On Tue, 2005-09-27 at 16:57, Wendell Piez wrote:
> Dear Peter,
> At 03:56 AM 9/27/2005, you wrote:
> > > I'm a bit mystified because what you say above suggests you have set
> > >
> > > <xsl:strip-space elements="*"/>
> > >
> > > which is not necessary.
> >*I* don't, but I've seen a lot of users trying it that way.
> Ah, so this is an argument for catering to ignorance? (It's okay if
> it is; sometimes this is necessary.)
Not really so much catering to ignorance, as providing an unexpected and
unpleasant surprise behaviour which conflicts with expectation, and thus
causes what the user would regard as unnecessary extra work. One of my
charges used the phrase "why couldn't they have made it do it the right
> I think this is a tradeoff. Sometimes you want the tool just to "do
> the right thing". Sometimes you want more of an informed choice by
> the user. The latter, especially when "the right thing" has grey
> boundary lines (or is grey altogether). I'm not convinced I or we
> would be happier with a new schema dependency in XSLT processing.
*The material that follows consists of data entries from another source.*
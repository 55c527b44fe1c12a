ghost use Rattle.std.specs.Prelude.{◌≡◌};
ghost use Rattle.std.specs.FinMap as map;
ghost use Rattle.server_tables.specs.Contents.{no_contents};

use crate::extent::append;
use crate::{Extent, LabelMap, Missing, TableFault, Tables};
use std::alloc::{AllocError, Global};
use std::marker::Model;

/// Tables over three maps from labels. All cells lie in one vector of bytes, and all blocks in another; nothing
/// that was put in is moved or copied again but where a vector grows.
#[derive(Drop)]
pub struct FlatTables<
    C: LabelMap<Value = Extent>,
    P: LabelMap<Value = [u8; 8]>,
    R: LabelMap<Value = ()>,
> {
    labels: C,
    cells: Vec<u8>,
    places: Vec<Extent>,
    blocks: Vec<u8>,
    additions: P,
    revoked: R,
}

impl<C: LabelMap<Value = Extent>, P: LabelMap<Value = [u8; 8]>, R: LabelMap<Value = ()>> Model
    for FlatTables<C, P, R> {
    ghost use Rattle.std.specs.Prelude.{◌-◌, vec_len, vec_capacity, length, map};
    ghost use Rattle.server_tables.specs.TablesView.{TablesView, view_code};

    ghost Value = { TablesView };

    ghost coded = { view_code };

    ghost use Rattle.server_tables.specs.Room.{pieces};
    ghost use Rattle.server_tables.specs.Places.{piece_at, map_values, label_set, ArePlaced};

    ghost view = { λ t. record {
      contents = record {
        dictionary = map_values (piece_at t.cells.items) (C.entries t.labels);
        array = map (piece_at t.blocks.items) t.places.items;
        additions = P.entries t.additions;
        revoked = label_set (R.entries t.revoked);
      };
      room = record {
        entries = record { calls = C.free t.labels; bytes = vec_capacity t.cells - vec_len t.cells };
        blocks = record { calls = vec_capacity t.places - vec_len t.places; bytes = vec_capacity t.blocks - vec_len t.blocks };
        additions = pieces (P.free t.additions) 8;
        revoked = pieces (R.free t.revoked) 16;
      };
    } };

    ghost invariant = { λ t. ArePlaced (length t.cells.items) (length t.blocks.items) (C.entries t.labels) t.places.items };
}

impl<C: LabelMap<Value = Extent>, P: LabelMap<Value = [u8; 8]>, R: LabelMap<Value = ()>> FlatTables<
    C,
    P,
    R,
> {
    /// Tables of nothing over three maps of nothing. Takes no memory.
    pub(crate) fn over(alloc: Global, labels: C, additions: P, revoked: R) -> Self
        requires no_labels { C.entries labels ≡ map.empty }
        requires no_additions { P.entries additions ≡ map.empty }
        requires none_revoked { R.entries revoked ≡ map.empty }
        ensures { result.contents ≡ no_contents }
    {
        FlatTables {
            labels,
            cells: Vec::new(alloc),
            places: Vec::new(alloc),
            blocks: Vec::new(alloc),
            additions,
            revoked,
        }
    }
}

impl<C: LabelMap<Value = Extent>, P: LabelMap<Value = [u8; 8]>, R: LabelMap<Value = ()>> Tables
    for FlatTables<C, P, R> {
    ghost contents = { λ t. t.contents };

    ghost room = { λ t. t.room };

    fn entry_len(&self) -> usize {
        self.labels.len()
    }

    fn entry(&self, label: &[u8; 16]) -> Option<&[u8]> {
        let place = self.labels.get(label)?;
        Some(&self.cells[place.start..place.end])
    }

    fn put_entry(&mut self, label: &[u8; 16], cell: &[u8]) -> Result<(), TableFault> {
        if self.entry(label).is_some() {
            return Err(TableFault::Taken);
        }
        self.labels.reserve(1)?;
        let place = append(&mut self.cells, cell)?;
        self.labels.insert(label, place).unwrap();
        Ok(())
    }

    fn block_len(&self) -> usize {
        self.places.len()
    }

    fn block(&self, place: u32) -> Option<&[u8]> {
        let place = self.places.get(place as usize)?;
        Some(&self.blocks[place.start..place.end])
    }

    fn push_block(&mut self, block: &[u8]) -> Result<(), AllocError> {
        self.places.reserve(1)?;
        let place = append(&mut self.blocks, block)?;
        self.places.push(place).unwrap();
        Ok(())
    }

    fn plus_len(&self) -> usize {
        self.additions.len()
    }

    fn plus(&self, label: &[u8; 16]) -> Option<[u8; 8]> {
        self.additions.get(label)
    }

    fn put_plus(&mut self, label: &[u8; 16], sealed: &[u8; 8]) -> Result<(), TableFault> {
        self.additions.insert(label, *sealed)
    }

    fn is_revoked(&self, number: &[u8; 16]) -> bool {
        self.revoked.get(number).is_some()
    }

    fn revokes_none(&self) -> bool {
        self.revoked.len() == 0
    }

    fn revoke(&mut self, number: &[u8; 16]) -> Result<(), TableFault> {
        self.revoked.insert(number, ())
    }

    fn restore(&mut self, number: &[u8; 16]) -> Result<(), Missing> {
        self.revoked.remove(number)
    }

    fn reserve(
        &mut self,
        entries: usize,
        cell: usize,
        blocks: usize,
        block: usize,
        plus: usize,
        revoked: usize,
    ) -> Result<(), AllocError> {
        self.labels.reserve(entries)?;
        let Some(cell_bytes) = entries.checked_mul(cell) else {
            return Err(AllocError {});
        };
        self.cells.reserve(cell_bytes)?;
        self.places.reserve(blocks)?;
        let Some(block_bytes) = blocks.checked_mul(block) else {
            return Err(AllocError {});
        };
        self.blocks.reserve(block_bytes)?;
        self.additions.reserve(plus)?;
        self.revoked.reserve(revoked)
    }

    fn clear(&mut self) {
        self.labels.clear();
        self.cells.clear();
        self.places.clear();
        self.blocks.clear();
        self.additions.clear();
        self.revoked.clear();
    }
}
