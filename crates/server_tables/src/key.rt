ghost use Rattle.std.specs.Prelude.{◌≡◌, [], ◌∷◌};

use std::hash::{Hash, Hasher};

/// A label as a key of a hash map. All its bytes are hashed at once, where an array is hashed byte by byte.
#[derive(Clone, Copy, PartialEq, Eq)]
pub struct Key(pub [u8; 16]);

impl Hash for Key {
    ghost use Rattle.std.specs.Prelude.{[], ◌∷◌};
    ghost use Rattle.server_tables.specs.Key.{same_bytes};

    ghost hash_input = { λ key. key.0 ∷ [] };

    ghost respects_eq = { λ x y same. same_bytes x y same };

    fn hash<H: Hasher>(&self, state: &mut H) {
        state.write(&self.0);
    }
}
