ghost use Rattle.std.specs.Prelude.{◌≡◌};
ghost use Rattle.std.specs.FinMap as map;

use crate::key::Key;
use crate::{LabelMap, Missing, TableFault};
use std::alloc::{AllocError, Global};
use std::collections::HashMap;
use std::hash::BuildHasher;
use std::marker::Model;

/// A map from labels in std's hash table: its buckets are found by a hash of the label, and double when they are
/// full. What a look-up or a new label costs doesn't grow with the number of labels, unless labels were chosen that
/// have one hash.
#[derive(Drop)]
pub struct BucketMap<V, S: BuildHasher + Drop> {
    values: HashMap<Key, V, S>,
}

impl<V, S: BuildHasher + Drop> Model for BucketMap<V, S> {
    ghost use Rattle.std.specs.Prelude.{ℕ};
    ghost use Rattle.std.specs.Coded.{coded×, coded_ℕ};
    ghost use Rattle.server_tables.specs.Labelled.{Labelled, labelled_code};

    ghost Value = { Labelled V × ℕ };

    ghost coded = { coded× (labelled_code V.code) coded_ℕ };

    ghost use Rattle.std.specs.HashMap.{spare};
    ghost use Rattle.server_tables.specs.Buckets.{map_of};

    ghost view = { λ m. (map_of m.values.entries, spare m.values) };
}

impl<V: Copy, S: BuildHasher + Drop> BucketMap<V, S> {
    /// No labels, to be hashed so. Takes no memory.
    pub(crate) fn new(alloc: Global, hashes: S) -> Self
        ensures { result.0 ≡ map.empty }
    {
        BucketMap {
            values: HashMap::with_hasher(alloc, hashes),
        }
    }
}

impl<V: Copy, S: BuildHasher + Drop> LabelMap for BucketMap<V, S> {
    type Value = V;

    ghost entries = { λ m. m.0 };

    ghost free = { λ m. m.1 };

    fn len(&self) -> usize {
        self.values.len()
    }

    fn get(&self, label: &[u8; 16]) -> Option<V> {
        self.values.get(&Key(*label)).copied()
    }

    fn insert(&mut self, label: &[u8; 16], value: V) -> Result<(), TableFault> {
        if self.get(label).is_some() {
            return Err(TableFault::Taken);
        }
        self.values.insert(Key(*label), value)?;
        Ok(())
    }

    fn remove(&mut self, label: &[u8; 16]) -> Result<(), Missing> {
        let Some(_) = self.values.remove(&Key(*label)) else {
            return Err(Missing);
        };
        Ok(())
    }

    fn reserve(&mut self, additional: usize) -> Result<(), AllocError> {
        self.values.reserve(additional)
    }

    fn clear(&mut self) {
        self.values.clear();
    }
}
> (I've stopped defaulting attributes entirely as I've shifted to more
> powerful, flexible and expressive schema regimens, such as RelaxNG+Schematron.)
Definitely, but we have to handle a lot of legacy, and a lot of that
simply isn't going to change in the foreseeable future.
> Again, depends on where you sit. Most of "my users" (I know lots of
> users at all levels from all sectors) don't have any basis for
> comparison to SGML, but I can sure see they're benefiting from, e.g.,
> the huge range of XML tools that SGML never had. There are many
> reasons for the existence of this toolkit; but I think XML's cleaner
> layering between instance and schema is one of them.
Yes, that and the vast majority of other goodies. This particular
problem is small in the global scheme of things, but when dealing with
very large quantities of extremely dense markup in mixed content, it's a
pain in the ass.
> >Then the transformation language should provide the facility to do it
> >right. XSLT does not at the moment provide this, AFAIK, because it
> >removes those white-space nodes in mixed content which should only be
> >compressed to a single space instead. It is precisely the transform
> >which is modifying the data, not the schema or the parse.
> Could you specify your requirement for munging again? Could it be
> done as a function munging text nodes?
With strip-space turned on globally (the case in point), the
white-space-only text nodes between elements don't make it through to
the XSLT, so you cannot address them :-)
> I've got whitespace cleanup stylesheets to help me when I really need
> them. But I haven't taken the time to try to generalize them. A
> generalized solution might want to take more than one pass, if it's
> to use a really simple algorithm.
Like many such problems, it's not a difficulty if you are in a position
to specify the list of element types for strip-space. My objection is to
the *default* behaviour for "*". Defaults should cater for the most
commonly-occurring circumstances, and not break the document model by
predication on borderline cases and special parameters. And strip-space
can only take Names in its elements attribute: it would be nice if you
could use XPath :-)
Web browsers have an implicit version of strip-space in their default
handling of HTML. Imagine if the space between two adjacent elements in
mixed content suddenly disappeared.
> It sounds like an Extreme paper, Peter.
"Why I demand white-space" or "Strip-space considered harmful" :-)
> And all of this is thankfully beside the original question, the right
> answer to which depends on much more than whether XSLT happens to be
> "good enough" in this respect.
Certainly good enough. Just unfortunate that this circumstance was not
more obvious at the time: part of the problem seems to be the CS-derived
insistence on treating the document as a tree, even when it's not.